▸ **WORK INSTRUCTION**
One line at a time, check the entries below for the word "ViaFirstCost", and copy each line that has it.

*** Opening EXERCISE INPUT ***

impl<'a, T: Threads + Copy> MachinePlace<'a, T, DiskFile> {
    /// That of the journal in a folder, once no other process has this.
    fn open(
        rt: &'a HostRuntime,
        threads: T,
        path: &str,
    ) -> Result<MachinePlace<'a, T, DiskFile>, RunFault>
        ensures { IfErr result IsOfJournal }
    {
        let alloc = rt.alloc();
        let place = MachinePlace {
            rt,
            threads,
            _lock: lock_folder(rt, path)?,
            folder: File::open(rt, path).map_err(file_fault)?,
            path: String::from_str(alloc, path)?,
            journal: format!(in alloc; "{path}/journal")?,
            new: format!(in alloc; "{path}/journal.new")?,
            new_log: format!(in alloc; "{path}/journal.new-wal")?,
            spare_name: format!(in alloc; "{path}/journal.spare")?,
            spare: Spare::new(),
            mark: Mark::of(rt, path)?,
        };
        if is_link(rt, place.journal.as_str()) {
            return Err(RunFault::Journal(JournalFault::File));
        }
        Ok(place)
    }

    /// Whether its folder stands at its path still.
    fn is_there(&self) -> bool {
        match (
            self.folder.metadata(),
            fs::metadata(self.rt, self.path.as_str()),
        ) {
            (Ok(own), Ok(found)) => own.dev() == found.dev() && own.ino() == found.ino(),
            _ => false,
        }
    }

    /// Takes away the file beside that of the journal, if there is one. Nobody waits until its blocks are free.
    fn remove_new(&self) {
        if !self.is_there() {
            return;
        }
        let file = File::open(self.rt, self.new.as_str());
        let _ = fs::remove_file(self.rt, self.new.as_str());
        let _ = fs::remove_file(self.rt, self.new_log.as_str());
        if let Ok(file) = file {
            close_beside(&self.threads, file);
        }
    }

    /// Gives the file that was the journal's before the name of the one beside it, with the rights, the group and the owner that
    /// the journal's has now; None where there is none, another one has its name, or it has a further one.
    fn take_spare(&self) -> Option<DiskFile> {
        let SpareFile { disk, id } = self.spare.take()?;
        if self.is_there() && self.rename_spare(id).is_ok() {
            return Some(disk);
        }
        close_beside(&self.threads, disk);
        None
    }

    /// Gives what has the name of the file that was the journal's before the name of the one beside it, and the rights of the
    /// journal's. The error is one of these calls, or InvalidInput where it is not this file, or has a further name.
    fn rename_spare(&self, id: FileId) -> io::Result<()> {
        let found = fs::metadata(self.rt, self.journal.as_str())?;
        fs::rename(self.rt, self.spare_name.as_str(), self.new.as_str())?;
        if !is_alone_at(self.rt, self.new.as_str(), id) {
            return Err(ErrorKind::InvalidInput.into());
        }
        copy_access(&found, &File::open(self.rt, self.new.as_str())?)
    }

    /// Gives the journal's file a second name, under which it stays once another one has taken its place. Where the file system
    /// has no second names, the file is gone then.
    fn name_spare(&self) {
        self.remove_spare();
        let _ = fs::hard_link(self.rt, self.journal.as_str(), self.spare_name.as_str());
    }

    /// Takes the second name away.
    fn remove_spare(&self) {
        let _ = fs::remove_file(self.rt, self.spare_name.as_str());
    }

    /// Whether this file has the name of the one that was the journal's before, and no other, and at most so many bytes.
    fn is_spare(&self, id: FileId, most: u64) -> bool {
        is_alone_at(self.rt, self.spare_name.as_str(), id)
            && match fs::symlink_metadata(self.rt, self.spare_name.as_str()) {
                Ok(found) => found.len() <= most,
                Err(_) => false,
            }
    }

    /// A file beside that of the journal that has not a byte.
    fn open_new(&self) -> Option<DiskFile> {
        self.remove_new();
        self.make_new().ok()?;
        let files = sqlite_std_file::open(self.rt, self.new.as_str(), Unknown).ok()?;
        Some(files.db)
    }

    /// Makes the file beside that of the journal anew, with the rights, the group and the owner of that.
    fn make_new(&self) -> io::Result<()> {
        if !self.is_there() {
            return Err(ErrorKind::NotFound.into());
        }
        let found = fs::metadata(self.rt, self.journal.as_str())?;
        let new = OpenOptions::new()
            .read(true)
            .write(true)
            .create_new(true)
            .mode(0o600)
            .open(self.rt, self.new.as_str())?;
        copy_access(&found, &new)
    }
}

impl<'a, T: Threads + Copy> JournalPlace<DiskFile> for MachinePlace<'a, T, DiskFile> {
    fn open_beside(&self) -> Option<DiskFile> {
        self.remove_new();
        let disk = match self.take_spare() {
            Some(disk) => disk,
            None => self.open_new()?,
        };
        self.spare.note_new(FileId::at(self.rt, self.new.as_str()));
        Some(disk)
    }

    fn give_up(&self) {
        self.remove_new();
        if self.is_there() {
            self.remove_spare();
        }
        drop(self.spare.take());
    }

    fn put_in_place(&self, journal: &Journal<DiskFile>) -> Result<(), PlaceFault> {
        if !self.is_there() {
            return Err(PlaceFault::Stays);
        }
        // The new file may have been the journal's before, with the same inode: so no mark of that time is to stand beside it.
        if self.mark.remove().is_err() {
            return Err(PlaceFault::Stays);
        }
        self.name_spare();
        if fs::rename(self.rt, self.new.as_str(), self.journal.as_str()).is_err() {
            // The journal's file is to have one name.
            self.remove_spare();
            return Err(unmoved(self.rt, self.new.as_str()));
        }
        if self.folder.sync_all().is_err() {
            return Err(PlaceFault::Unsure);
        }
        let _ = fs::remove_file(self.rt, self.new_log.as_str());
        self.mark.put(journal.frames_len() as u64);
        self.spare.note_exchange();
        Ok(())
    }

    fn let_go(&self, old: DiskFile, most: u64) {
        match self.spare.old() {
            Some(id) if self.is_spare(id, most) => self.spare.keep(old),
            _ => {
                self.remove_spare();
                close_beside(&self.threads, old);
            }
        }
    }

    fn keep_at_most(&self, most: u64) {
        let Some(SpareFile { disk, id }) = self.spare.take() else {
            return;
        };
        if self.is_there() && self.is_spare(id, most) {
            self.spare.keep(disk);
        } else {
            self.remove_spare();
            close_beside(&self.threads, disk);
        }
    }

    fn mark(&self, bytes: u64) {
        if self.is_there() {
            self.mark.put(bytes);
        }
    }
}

*** Closing EXERCISE INPUT ***
*** Opening EXERCISE INPUT ***

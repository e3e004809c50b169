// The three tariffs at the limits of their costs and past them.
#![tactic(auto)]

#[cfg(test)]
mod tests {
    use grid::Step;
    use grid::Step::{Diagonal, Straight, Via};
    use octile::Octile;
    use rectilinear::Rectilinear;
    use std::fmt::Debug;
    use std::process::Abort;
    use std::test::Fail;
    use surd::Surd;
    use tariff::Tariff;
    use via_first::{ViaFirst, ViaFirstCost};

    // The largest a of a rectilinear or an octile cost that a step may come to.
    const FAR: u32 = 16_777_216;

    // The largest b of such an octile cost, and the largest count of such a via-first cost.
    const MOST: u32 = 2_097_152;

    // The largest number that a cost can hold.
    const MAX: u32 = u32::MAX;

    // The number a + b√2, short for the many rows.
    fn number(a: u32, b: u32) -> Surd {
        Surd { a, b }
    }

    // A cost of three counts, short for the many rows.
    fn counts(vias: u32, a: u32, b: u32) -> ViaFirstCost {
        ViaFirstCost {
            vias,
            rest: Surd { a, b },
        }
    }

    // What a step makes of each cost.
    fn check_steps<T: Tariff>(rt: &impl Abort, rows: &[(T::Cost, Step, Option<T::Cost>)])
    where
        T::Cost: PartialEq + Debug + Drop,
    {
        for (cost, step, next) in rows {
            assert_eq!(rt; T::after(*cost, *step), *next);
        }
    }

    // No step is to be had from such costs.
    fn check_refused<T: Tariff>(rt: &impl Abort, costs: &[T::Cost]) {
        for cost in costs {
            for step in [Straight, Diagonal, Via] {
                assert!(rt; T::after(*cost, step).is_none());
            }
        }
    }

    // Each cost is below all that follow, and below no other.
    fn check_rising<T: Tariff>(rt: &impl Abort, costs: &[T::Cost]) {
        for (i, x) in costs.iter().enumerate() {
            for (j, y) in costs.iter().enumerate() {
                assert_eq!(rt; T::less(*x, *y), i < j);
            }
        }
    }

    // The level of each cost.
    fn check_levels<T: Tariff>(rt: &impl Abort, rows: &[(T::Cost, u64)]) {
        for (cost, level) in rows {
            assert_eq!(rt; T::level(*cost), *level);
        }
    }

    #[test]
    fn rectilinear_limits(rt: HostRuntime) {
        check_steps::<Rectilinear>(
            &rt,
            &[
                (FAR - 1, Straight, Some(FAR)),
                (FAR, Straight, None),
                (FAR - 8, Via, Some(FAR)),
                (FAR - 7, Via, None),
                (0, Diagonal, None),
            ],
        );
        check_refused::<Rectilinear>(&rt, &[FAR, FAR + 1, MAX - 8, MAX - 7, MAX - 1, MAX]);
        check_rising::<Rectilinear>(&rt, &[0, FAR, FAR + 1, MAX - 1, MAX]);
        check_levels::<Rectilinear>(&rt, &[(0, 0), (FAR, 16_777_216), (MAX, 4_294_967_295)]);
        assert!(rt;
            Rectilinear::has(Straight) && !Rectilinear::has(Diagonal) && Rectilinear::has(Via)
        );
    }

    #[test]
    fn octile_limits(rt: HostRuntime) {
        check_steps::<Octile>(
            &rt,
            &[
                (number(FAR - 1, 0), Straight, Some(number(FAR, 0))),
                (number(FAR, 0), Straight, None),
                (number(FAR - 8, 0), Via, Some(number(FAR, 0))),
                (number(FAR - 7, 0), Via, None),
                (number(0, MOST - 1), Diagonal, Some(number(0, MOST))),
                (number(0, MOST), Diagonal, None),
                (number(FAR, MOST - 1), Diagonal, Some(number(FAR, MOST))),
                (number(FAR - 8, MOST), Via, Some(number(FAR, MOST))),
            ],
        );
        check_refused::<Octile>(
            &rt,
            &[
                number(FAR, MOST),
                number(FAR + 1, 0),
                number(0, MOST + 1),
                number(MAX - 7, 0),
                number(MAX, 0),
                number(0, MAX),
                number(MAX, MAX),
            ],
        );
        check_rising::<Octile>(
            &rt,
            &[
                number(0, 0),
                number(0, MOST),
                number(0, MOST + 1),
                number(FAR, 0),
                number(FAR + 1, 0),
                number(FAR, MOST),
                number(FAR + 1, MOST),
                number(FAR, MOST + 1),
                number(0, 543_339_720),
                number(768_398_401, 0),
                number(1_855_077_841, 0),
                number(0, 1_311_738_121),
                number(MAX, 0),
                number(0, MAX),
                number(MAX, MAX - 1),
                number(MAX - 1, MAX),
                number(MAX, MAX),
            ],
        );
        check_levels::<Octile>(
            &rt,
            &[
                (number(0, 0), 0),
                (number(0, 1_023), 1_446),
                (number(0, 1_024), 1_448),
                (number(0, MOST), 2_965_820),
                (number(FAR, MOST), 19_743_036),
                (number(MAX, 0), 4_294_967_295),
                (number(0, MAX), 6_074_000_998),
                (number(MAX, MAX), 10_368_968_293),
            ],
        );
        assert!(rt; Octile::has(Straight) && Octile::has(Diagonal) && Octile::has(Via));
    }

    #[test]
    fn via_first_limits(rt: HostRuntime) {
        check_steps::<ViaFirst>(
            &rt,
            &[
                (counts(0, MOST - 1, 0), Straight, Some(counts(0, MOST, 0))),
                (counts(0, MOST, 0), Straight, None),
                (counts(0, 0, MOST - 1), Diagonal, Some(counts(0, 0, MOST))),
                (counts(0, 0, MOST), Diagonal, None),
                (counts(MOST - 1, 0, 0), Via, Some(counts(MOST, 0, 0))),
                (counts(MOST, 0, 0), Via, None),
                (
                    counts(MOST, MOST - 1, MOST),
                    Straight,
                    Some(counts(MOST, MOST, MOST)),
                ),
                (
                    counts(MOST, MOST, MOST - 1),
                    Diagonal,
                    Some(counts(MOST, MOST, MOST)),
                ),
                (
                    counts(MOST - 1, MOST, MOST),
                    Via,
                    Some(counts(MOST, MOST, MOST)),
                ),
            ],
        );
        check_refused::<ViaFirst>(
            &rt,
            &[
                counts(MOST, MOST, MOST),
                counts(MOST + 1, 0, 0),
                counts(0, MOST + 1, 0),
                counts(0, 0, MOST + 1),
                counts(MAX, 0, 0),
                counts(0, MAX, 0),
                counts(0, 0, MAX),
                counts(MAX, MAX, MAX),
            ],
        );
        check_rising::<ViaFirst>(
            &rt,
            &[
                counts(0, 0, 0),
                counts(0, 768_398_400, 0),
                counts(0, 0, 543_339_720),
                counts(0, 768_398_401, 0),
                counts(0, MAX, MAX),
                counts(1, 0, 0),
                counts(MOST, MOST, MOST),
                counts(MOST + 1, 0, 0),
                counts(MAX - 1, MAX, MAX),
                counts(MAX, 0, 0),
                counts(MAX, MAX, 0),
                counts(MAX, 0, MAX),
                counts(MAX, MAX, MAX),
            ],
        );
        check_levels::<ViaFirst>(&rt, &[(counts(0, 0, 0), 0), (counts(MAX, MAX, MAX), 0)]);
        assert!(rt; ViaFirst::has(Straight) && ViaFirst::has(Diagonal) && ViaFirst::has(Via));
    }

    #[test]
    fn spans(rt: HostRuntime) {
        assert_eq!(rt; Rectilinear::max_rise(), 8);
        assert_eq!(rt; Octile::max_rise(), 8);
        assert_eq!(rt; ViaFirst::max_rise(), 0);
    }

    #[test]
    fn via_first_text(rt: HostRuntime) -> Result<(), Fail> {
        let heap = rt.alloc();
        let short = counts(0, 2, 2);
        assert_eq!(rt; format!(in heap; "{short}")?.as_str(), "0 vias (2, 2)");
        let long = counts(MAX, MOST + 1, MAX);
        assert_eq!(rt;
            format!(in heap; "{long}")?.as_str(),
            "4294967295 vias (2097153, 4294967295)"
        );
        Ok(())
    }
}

*** Closing EXERCISE INPUT ***

▸ **OUTPUT OF THE TASK**
    use via_first::{ViaFirst, ViaFirstCost};
    fn counts(vias: u32, a: u32, b: u32) -> ViaFirstCost {
        ViaFirstCost {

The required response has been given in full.